Recensione: Otherlike Darknesses

Di Daniele D'Adamo - 25 Maggio 2025 - 0:00
Otherlike Darknesses
70

Secondo album in carriera per i norvegesi Felgrave, “Otherlike Darknesses“, che segue a distanza di cinque anni il debutto, avvenuto con “A Waning Light”, coincidente con la nascita del gruppo.

Biografia e discografia scarne che non devono ingannare, poiché il sound proposto dai suddetti è adulto, perfettamente formato attorno ai dettami di base di uno stile che si mostra piuttosto complesso. Stile che in questi ultimi anni sta rivoluzionando, a livello underground, ciò che rappresenta il death metal classico.

Il quale si è tramutato in una foggia musicale del tutto dissonante, disarmonica, che a volte fa storcere le orecchie, se così si può dire.

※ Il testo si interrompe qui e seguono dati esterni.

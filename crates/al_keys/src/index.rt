ghost use Rattle.std.specs.Prelude.{◌≡◌, ◌<◌, [], true, false, OnOk, OnErr, IfSome, length, slice_get, slice_set};
ghost use Rattle.std.specs.Option.{option_map_or};
ghost use Rattle.al_keys.specs.Keys.{versions_in, ChangesKey, made, with_version, left_by, can_leave, standing, passes, is_changeable};
ghost use Rattle.al_keys.specs.Order.{has_null};
ghost use Rattle.al_keys.specs.Kept.{IsKept};
ghost use Rattle.al_keys.specs.Sought.{sought, least_row, is_visible, IsSought, IsGiven};

use crate::order::has_null;
use crate::search::{find, last_standing};
use crate::verdict::{is_changeable, least_visible, seek_in};
use crate::{Entry, KeyVersion, Sought, VersionList};
use al_values::{NoMemory, Row};
use al_xacts::{Snapshot, Xact, Xacts};
use std::alloc::Global;
use std::marker::Model;

/// The keys of a table's rows, in ascending order, each with the versions that have it. A key with a null, which is equal to none, isn't kept.
#[derive(Debug, Drop)]
pub struct KeyIndex {
    entries: Vec<Entry>,
}

impl Model for KeyIndex {
    ghost use Rattle.std.specs.Prelude.{List};
    ghost use Rattle.al_keys.specs.declared.entry.Entry.{Entry};
    ghost use Rattle.al_keys.specs.Kept.{IsKept};

    ghost Value = { List Entry };

    ghost view = { λ k. k.entries.items };

    ghost invariant = { λ k. IsKept k.entries.items };
}

impl KeyIndex {
    /// An index without keys. It takes no memory.
    pub fn new(alloc: Global) -> KeyIndex
        ensures { result ≡ [] }
    {
        KeyIndex {
            entries: Vec::new(alloc),
        }
    }

    fn versions_of(&self, key: &Row) -> &[KeyVersion]
        ensures { result.now ≡ versions_in self.now key.now }
    {
        match find(&self.entries, key.as_slice()) {
            Ok(at) => self.entries[at].versions.as_slice(),
            Err(_) => &[],
        }
    }

    /// What a transaction finds that looks for a key: another open transaction that made or is removing a version of the least row that
    /// is in the way, or that row, or nothing.
    pub fn seek(&self, key: &Row, x: Xact, xacts: &Xacts) -> Sought
        ensures value { result ≡ sought xacts.now.transactions x (versions_in self.now key.now) }
        ensures found { IsSought xacts.now.transactions x (versions_in self.now key.now) result }
    {
        seek_in(self.versions_of(key), x, xacts)
    }

    /// The least row that gives a key in a snapshot. None exactly where no row does.
    pub fn gives(&self, key: &Row, snapshot: &Snapshot, xacts: &Xacts) -> Option<u32>
        ensures value { result ≡ least_row (is_visible snapshot.now xacts.now.transactions) (versions_in self.now key.now) }
        ensures least { IsGiven snapshot.now xacts.now.transactions (versions_in self.now key.now) result }
    {
        least_visible(self.versions_of(key), snapshot, xacts)
    }

    /// Whether a transaction may remove the newest version of a row under a key, or the key has a null.
    pub fn can_leave(&self, x: Xact, key: &Row, row: u32, xacts: &Xacts) -> bool
        ensures { result ≡ can_leave xacts.now.transactions self.now key.now row x }
    {
        has_null(key.as_slice()) || may_leave(self.versions_of(key), x, row, xacts)
    }

    /// Notes a version that a transaction has made. Under a key with a null nothing is kept.
    ///
    /// # Errors
    ///
    /// Want of memory. Then nothing has changed.
    pub fn enter(
        &mut self,
        alloc: Global,
        x: Xact,
        key: Row,
        row: u32,
        place: u32,
    ) -> Result<(), NoMemory>
        ensures ok { OnOk result (ChangesKey self.old self.new key (with_version (made row place x))) }
        ensures err { OnErr result (self.new ≡ self.old) }
    {
        if has_null(key.as_slice()) {
            return Ok(());
        }
        enter_in(&mut self.entries, alloc, x, key, row, place)
    }

    /// Notes that a transaction removes the newest version of a row under a key, whose maker wasn't rolled back. It takes no memory.
    pub fn leave(&mut self, x: Xact, key: &Row, row: u32, xacts: &Xacts)
        requires { can_leave xacts.now.transactions self.old key.now row x ≡ true }
        ensures { ChangesKey self.old self.new key.now (left_by xacts.now.transactions x row) }
    {
        leave_in(&mut self.entries, x, key, row, xacts);
    }
}

fn enter_in(
    entries: &mut Vec<Entry>,
    alloc: Global,
    x: Xact,
    key: Row,
    row: u32,
    place: u32,
) -> Result<(), NoMemory>
    requires kept { IsKept entries.old.items }
    requires whole { has_null key ≡ false }
    ensures ok { OnOk result (ChangesKey entries.old.items entries.new.items key (with_version (made row place x))) }
    ensures err { OnErr result (entries.new.items ≡ entries.old.items) }
    ensures kept { IsKept entries.new.items }
{
    match find(entries, key.as_slice()) {
        Ok(at) => {
            drop(key);
            add_at(entries, at, row, place, x)
        }
        Err(at) => {
            let versions = VersionList::one(alloc, row, place, x)?;
            entries.insert(at, Entry { key, versions })?;
            Ok(())
        }
    }
}

fn leave_in(entries: &mut Vec<Entry>, x: Xact, key: &Row, row: u32, xacts: &Xacts)
    requires { IsKept entries.old.items }
    ensures left { ChangesKey entries.old.items entries.new.items key.now (left_by xacts.now.transactions x row) }
    ensures kept { IsKept entries.new.items }
{
    match find(entries, key.as_slice()) {
        Ok(at) => leave_at(entries, at, x, row, xacts),
        Err(_) => {}
    }
}

fn may_leave(versions: &[KeyVersion], x: Xact, row: u32, xacts: &Xacts) -> bool
    ensures { result ≡ option_map_or (λ place. passes (is_changeable xacts.now.transactions x) (slice_get versions.now place)) (standing xacts.now.transactions versions.now row) false }
{
    match last_standing(versions, row, xacts) {
        Some(place) => match versions.get(place) {
            Some(version) => is_changeable(version, x, xacts),
            None => false,
        },
        None => false,
    }
}

fn add_at(
    entries: &mut Vec<Entry>,
    at: usize,
    row: u32,
    place: u32,
    x: Xact,
) -> Result<(), NoMemory>
    requires { at < length entries.old.items }
    ensures ok { OnOk result (IfSome (slice_get entries.old.items at) (λ entry. entries.new.items ≡ slice_set entries.old.items at (record entry { versions = with_version (made row place x) entry.versions }))) }
    ensures err { OnErr result (entries.new.items ≡ entries.old.items) }
{
    let entry = &mut entries[at];
    entry.versions.add(row, place, x)
}

fn leave_at(entries: &mut Vec<Entry>, at: usize, x: Xact, row: u32, xacts: &Xacts)
    requires { at < length entries.old.items }
    ensures { IfSome (slice_get entries.old.items at) (λ entry. entries.new.items ≡ slice_set entries.old.items at (record entry { versions = left_by xacts.now.transactions x row entry.versions })) }
{
    let entry = &mut entries[at];
    entry.versions.leave(x, row, xacts);
}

Con una componente evoluzionistica di tutto rispetto, tant’è che sono sorte definizioni come progressive death metal, ma anche dissonant death metal sino ad arrivare a chaotic death metal.

Probabilmente si è esagerato nell’inventare nuove definizioni per inquadrare correttamente band come quella in esame, per cui, a parere dello scrivente, progressive death metal basta e avanza. Anche perché, davvero, i Felgrave si spingono oltre i confini conosciuti del metal estremo per viaggiare in un microcosmo dove tutto è possibile, dove tutto vale.

Il che è pericoloso, giacché si rischia di perdere la rotta maestra, cioè le coordinate artistiche, e di disperdersi pertanto in una forma musicale in cui regna indisturbato il caos. Non a caso, a un primo assaggio, “Otherlike Darknesses” pare essere un full-length pieno zeppo di note senza capo né coda, confluenti in un inestricabile marasma sonoro.

Questa sensazione primigenia pare essere appoggiata dai brani, solo tre ma lunghi anche quasi venti minuti, nei quali gli elementi evoluzionistici sono centrati, soprattutto, nel creare qualcosa che al suo interno contenga degli episodi dissimili fra loro, un po’ come una canzone nella canzone. Il che può certamente disorientare benché il songwriting appaia sensato e cosciente di proporre musica complicata sì ma che abbia comunque un senso compiuto.

In ogni caso, i Felgrave pestano duro, regalando istanti di pura allucinazione grazie a una mostruosa spinta da parte dei blast-beats, accompagnata dalle divagazioni cacofoniche della chitarra solista (“Pale Flowers Under an Empty Sky“). La potenza del sound, in occasioni delle parti più spinte, è in certi momenti spaventosa. Un muraglione di suono invalicabile, massiccio, enorme, che descrive sulle sue pareti la natura di un mood cupo, oscuro, a tratti pure tenebroso (“Otherlike Darknesses“).

A questo punto è necessario porre l’accento su una circostanza importante. Ascoltando il lavoro, si percepisce senz’altro la bravura di un gruppo i cui componenti sono dotati di un alto tasso di tecnica. Questo però non corrisponde la vero, dato che si è di fronte a una one-man band (sic!) a nome di M. L. Jupe, che si occupa di tutto, voce compresa. Il che, sempre a parere di chi scrive, determina un valore aggiunto all’opera in virtù del fatto che il Nostro riesca a produrre musica come una formazione di cinque elementi, componendo peraltro in modo lambiccato (“Winds Batter My Keep“).

Alla fine non si può che essere stupiti dal talento del ridetto M. L. Jupe, capace di creare un’opera immensa nei contenuti musicali, dotata di un’atmosfera notevole ma forse troppo ardua da digerire, anche per i fan dell’oltranzismo sonoro, a causa di approccio eminentemente eclettico alla questione.

Otherlike Darknesses” o si ama o si odia. Vie di mezzo non ce ne sono.